(AVAILABLE DATA)
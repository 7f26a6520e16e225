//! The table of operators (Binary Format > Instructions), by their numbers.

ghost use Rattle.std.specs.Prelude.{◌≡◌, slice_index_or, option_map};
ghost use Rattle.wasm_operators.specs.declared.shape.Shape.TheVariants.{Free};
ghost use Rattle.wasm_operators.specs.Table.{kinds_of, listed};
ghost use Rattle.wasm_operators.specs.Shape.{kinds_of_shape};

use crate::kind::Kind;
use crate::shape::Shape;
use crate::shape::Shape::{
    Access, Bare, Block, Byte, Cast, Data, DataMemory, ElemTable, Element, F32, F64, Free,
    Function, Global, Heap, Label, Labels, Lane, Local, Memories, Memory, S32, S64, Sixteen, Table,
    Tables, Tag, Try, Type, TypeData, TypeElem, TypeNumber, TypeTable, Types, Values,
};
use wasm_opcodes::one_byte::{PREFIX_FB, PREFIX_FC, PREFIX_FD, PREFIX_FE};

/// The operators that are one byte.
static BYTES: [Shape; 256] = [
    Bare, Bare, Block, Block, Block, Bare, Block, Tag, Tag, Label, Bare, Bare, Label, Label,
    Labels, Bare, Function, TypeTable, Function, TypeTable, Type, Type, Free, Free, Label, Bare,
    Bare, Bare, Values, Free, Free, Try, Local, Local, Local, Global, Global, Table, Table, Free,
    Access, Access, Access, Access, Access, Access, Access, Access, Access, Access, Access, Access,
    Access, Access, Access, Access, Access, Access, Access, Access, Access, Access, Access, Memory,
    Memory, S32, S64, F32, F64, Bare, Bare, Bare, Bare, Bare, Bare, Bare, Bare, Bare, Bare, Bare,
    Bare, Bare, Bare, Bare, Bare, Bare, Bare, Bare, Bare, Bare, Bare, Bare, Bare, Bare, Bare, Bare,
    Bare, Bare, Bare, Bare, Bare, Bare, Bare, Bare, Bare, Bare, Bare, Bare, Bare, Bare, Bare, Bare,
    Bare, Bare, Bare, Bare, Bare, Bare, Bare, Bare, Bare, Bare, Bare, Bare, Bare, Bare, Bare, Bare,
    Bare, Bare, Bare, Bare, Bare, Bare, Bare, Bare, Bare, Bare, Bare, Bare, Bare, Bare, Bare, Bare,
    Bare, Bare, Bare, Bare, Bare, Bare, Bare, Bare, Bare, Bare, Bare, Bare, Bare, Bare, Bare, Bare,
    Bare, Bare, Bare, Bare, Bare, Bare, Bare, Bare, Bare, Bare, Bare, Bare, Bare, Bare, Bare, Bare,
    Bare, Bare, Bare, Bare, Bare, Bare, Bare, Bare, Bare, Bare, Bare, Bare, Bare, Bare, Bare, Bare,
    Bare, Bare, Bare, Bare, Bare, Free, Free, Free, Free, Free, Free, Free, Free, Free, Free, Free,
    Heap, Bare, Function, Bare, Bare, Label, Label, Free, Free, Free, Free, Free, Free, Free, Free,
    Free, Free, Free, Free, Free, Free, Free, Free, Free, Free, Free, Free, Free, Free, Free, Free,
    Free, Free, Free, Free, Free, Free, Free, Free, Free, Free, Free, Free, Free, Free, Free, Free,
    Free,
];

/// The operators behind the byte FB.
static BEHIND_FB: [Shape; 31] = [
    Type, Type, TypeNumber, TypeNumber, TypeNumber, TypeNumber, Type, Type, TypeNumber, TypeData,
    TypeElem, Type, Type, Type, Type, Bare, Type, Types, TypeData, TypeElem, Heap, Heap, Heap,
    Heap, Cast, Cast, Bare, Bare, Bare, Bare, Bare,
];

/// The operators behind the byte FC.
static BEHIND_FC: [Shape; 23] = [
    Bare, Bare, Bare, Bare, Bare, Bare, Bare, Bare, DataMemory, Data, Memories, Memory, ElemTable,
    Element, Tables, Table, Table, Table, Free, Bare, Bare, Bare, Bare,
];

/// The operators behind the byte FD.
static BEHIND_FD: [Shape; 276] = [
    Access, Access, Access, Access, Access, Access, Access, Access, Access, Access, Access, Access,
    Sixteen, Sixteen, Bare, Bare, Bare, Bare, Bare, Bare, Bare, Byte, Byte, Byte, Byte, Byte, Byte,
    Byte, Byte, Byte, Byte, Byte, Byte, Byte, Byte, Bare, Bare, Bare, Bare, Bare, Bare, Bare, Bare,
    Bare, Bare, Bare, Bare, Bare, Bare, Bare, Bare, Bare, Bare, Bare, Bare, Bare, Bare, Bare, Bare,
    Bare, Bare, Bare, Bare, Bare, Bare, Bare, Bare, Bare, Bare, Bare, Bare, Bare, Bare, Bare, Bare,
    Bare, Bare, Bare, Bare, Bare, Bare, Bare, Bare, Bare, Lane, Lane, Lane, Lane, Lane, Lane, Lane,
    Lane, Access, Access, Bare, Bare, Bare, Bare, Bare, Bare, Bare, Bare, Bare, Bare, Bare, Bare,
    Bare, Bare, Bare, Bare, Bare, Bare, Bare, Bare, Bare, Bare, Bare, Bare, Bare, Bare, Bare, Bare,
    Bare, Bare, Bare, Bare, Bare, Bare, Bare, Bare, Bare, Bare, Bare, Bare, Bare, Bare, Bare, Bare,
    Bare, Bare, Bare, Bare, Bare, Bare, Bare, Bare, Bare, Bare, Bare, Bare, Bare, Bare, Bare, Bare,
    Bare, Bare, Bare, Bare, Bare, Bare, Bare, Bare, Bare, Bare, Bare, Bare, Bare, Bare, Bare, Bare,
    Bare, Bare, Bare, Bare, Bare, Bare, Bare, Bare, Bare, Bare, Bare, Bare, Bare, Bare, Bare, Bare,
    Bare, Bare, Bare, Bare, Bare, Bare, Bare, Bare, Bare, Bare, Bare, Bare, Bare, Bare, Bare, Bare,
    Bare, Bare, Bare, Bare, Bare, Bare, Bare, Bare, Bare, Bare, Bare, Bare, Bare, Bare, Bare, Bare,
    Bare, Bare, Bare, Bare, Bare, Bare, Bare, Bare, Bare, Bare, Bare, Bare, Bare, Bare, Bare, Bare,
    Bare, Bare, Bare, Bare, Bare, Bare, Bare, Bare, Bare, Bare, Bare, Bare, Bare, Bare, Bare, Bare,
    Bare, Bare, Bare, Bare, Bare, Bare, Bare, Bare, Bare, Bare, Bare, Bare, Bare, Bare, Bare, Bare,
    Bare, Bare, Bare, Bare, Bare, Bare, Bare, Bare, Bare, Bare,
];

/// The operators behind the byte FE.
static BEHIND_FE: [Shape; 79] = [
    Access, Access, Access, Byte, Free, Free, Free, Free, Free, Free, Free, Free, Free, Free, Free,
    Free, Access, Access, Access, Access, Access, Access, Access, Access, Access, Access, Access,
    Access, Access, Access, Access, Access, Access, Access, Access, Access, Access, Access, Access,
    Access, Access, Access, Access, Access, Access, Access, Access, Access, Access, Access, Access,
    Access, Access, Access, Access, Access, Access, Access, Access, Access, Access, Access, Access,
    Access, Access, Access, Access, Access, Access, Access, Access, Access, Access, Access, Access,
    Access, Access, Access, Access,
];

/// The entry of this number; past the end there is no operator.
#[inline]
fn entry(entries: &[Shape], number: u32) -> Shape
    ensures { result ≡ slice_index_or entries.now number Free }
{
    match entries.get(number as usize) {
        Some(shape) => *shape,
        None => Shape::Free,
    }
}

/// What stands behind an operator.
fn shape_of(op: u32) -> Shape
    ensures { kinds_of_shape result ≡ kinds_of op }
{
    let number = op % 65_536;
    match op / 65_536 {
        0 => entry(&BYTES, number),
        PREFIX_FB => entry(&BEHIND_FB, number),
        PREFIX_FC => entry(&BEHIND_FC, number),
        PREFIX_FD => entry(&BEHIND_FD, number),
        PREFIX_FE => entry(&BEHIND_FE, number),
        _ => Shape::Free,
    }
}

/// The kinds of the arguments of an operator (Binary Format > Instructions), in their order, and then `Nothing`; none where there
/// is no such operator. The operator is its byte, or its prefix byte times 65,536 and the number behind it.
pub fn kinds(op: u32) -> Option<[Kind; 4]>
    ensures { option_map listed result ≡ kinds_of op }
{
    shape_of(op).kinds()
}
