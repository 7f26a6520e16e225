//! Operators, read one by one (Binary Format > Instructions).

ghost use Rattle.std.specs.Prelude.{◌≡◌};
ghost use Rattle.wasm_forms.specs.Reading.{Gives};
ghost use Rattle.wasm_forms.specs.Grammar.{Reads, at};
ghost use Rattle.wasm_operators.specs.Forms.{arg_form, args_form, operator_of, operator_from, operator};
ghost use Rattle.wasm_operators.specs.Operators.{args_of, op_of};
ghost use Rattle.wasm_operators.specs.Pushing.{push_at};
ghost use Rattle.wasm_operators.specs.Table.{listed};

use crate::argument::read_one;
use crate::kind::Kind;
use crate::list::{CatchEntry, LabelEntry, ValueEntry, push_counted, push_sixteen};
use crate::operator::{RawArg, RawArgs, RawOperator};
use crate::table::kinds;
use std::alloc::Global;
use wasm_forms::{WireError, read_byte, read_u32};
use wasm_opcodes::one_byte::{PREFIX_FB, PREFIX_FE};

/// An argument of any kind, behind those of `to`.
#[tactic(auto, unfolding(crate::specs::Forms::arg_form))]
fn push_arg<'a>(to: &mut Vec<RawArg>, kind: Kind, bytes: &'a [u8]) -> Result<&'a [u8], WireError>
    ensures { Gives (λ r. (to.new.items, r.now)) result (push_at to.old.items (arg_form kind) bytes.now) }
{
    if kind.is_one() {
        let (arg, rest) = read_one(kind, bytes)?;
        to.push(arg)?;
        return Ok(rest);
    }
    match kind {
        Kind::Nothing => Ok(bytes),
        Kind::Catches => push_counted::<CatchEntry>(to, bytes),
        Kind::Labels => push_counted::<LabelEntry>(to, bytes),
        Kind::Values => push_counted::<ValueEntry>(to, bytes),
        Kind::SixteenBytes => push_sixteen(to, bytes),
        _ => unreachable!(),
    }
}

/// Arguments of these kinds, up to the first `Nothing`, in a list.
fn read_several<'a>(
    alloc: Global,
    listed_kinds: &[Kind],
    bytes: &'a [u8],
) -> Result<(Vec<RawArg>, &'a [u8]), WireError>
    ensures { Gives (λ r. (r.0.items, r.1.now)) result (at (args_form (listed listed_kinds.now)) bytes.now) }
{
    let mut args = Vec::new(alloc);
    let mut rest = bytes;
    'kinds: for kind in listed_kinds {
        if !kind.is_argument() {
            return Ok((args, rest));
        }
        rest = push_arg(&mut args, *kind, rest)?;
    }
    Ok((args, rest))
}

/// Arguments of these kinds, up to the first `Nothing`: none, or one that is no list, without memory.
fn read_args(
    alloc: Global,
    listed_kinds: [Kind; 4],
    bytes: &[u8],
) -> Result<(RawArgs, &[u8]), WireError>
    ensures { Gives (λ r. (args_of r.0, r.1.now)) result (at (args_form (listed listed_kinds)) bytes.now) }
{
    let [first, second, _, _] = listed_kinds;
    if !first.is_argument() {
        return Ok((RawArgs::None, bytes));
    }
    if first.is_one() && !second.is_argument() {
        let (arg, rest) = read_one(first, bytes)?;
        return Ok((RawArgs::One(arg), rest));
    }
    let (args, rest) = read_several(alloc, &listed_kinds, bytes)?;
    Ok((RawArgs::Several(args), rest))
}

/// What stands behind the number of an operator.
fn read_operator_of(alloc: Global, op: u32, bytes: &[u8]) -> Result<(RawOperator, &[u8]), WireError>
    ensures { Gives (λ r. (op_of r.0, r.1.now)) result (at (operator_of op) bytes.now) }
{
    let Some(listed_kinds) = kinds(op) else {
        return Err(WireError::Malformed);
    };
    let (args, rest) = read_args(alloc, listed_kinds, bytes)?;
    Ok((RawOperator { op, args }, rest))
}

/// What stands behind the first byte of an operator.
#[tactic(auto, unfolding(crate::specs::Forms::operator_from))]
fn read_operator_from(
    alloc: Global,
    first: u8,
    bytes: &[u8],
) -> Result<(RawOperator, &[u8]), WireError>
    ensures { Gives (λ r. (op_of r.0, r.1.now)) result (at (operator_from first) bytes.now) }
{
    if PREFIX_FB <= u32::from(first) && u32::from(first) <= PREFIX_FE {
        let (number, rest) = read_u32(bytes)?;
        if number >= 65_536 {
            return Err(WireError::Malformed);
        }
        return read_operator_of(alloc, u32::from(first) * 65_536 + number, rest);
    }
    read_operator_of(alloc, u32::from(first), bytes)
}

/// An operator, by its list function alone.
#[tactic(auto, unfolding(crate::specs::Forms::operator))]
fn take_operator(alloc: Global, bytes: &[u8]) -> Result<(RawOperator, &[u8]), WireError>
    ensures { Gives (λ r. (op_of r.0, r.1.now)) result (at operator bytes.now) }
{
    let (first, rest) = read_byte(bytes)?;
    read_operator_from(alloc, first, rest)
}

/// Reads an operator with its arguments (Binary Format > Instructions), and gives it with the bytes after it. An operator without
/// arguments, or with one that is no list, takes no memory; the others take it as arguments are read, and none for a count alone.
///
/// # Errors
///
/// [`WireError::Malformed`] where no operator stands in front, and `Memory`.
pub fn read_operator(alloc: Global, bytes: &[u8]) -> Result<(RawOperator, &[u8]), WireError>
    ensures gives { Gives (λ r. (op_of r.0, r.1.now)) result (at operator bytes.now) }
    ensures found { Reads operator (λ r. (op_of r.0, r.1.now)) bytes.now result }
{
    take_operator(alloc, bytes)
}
(End AVAILABLE DATA)
(AVAILABLE DATA)
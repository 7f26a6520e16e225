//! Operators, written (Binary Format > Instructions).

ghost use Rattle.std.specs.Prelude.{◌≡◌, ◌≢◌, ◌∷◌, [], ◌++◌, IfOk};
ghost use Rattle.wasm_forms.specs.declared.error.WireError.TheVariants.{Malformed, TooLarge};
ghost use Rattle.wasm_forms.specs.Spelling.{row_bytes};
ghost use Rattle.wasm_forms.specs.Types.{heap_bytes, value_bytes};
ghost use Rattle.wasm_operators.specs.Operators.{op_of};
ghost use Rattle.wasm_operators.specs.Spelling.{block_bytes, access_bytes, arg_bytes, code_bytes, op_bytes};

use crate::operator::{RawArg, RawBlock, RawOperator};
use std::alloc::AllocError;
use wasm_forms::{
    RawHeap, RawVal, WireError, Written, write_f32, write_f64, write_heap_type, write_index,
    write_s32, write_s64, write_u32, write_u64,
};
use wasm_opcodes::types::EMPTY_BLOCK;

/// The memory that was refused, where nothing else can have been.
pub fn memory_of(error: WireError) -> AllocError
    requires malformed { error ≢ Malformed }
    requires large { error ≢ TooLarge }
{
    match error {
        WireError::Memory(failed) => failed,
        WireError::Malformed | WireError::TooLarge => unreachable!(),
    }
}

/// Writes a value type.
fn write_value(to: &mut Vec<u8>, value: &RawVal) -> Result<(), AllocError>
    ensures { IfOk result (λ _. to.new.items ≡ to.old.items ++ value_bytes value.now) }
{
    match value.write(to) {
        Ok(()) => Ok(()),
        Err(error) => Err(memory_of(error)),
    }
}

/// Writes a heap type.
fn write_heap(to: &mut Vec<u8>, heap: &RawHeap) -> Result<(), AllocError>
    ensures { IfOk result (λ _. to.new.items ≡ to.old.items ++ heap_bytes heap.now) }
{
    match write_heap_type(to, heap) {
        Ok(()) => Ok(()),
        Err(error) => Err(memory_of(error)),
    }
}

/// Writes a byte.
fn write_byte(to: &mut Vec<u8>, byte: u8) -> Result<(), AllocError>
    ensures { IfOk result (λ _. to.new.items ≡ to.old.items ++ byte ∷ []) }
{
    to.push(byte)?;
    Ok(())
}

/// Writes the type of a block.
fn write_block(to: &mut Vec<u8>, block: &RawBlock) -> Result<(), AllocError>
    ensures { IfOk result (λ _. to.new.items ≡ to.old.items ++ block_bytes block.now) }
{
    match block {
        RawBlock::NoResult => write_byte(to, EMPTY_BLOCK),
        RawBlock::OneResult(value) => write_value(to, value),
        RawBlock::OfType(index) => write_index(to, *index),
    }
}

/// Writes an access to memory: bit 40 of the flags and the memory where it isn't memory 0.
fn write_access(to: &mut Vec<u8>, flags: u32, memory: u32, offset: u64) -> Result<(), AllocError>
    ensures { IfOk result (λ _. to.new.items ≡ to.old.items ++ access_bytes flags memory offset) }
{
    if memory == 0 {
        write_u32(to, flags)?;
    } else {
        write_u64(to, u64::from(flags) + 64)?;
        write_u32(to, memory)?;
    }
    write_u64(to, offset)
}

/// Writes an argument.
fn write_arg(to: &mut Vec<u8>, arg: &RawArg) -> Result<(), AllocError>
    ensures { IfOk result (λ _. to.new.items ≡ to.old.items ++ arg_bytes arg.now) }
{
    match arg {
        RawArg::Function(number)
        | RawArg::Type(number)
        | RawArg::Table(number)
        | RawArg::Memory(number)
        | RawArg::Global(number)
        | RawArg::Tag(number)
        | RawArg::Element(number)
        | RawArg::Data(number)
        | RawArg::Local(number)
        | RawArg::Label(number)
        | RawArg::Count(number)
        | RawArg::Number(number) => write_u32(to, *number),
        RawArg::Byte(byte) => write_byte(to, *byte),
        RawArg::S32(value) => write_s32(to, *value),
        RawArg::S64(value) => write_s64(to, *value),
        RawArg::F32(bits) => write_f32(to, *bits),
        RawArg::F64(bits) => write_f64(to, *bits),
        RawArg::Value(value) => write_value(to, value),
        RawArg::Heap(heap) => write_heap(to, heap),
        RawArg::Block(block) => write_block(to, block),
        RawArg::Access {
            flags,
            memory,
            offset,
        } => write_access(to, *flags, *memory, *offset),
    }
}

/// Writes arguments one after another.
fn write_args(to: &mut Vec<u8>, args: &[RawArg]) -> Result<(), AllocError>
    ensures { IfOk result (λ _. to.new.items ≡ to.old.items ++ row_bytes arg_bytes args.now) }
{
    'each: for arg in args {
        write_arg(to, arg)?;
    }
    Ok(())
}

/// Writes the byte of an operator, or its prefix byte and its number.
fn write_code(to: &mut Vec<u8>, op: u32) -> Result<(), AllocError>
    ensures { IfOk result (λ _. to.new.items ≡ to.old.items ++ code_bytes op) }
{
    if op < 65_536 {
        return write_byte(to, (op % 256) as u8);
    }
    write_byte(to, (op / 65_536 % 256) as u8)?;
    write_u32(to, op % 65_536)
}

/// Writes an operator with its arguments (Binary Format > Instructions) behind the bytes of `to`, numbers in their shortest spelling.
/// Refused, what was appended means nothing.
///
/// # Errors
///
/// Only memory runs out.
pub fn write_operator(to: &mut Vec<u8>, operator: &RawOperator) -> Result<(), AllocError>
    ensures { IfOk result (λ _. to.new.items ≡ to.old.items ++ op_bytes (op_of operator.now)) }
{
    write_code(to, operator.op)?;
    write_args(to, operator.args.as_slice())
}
(End AVAILABLE DATA)
Reproduce, word for word and in full, only the lines above that start at the line with "write_u32(to, flags)?;" and run through the line with "RawArg::Function(number)", both ends included.

■ **OUTPUT FOR THIS EXERCISE**:
        write_u32(to, flags)?;
    } else {
        write_u64(to, u64::from(flags) + 64)?;
        write_u32(to, memory)?;
    }
    write_u64(to, offset)
}

/// Writes an argument.
fn write_arg(to: &mut Vec<u8>, arg: &RawArg) -> Result<(), AllocError>
    ensures { IfOk result (λ _. to.new.items ≡ to.old.items ++ arg_bytes arg.now) }
{
    match arg {
        RawArg::Function(number)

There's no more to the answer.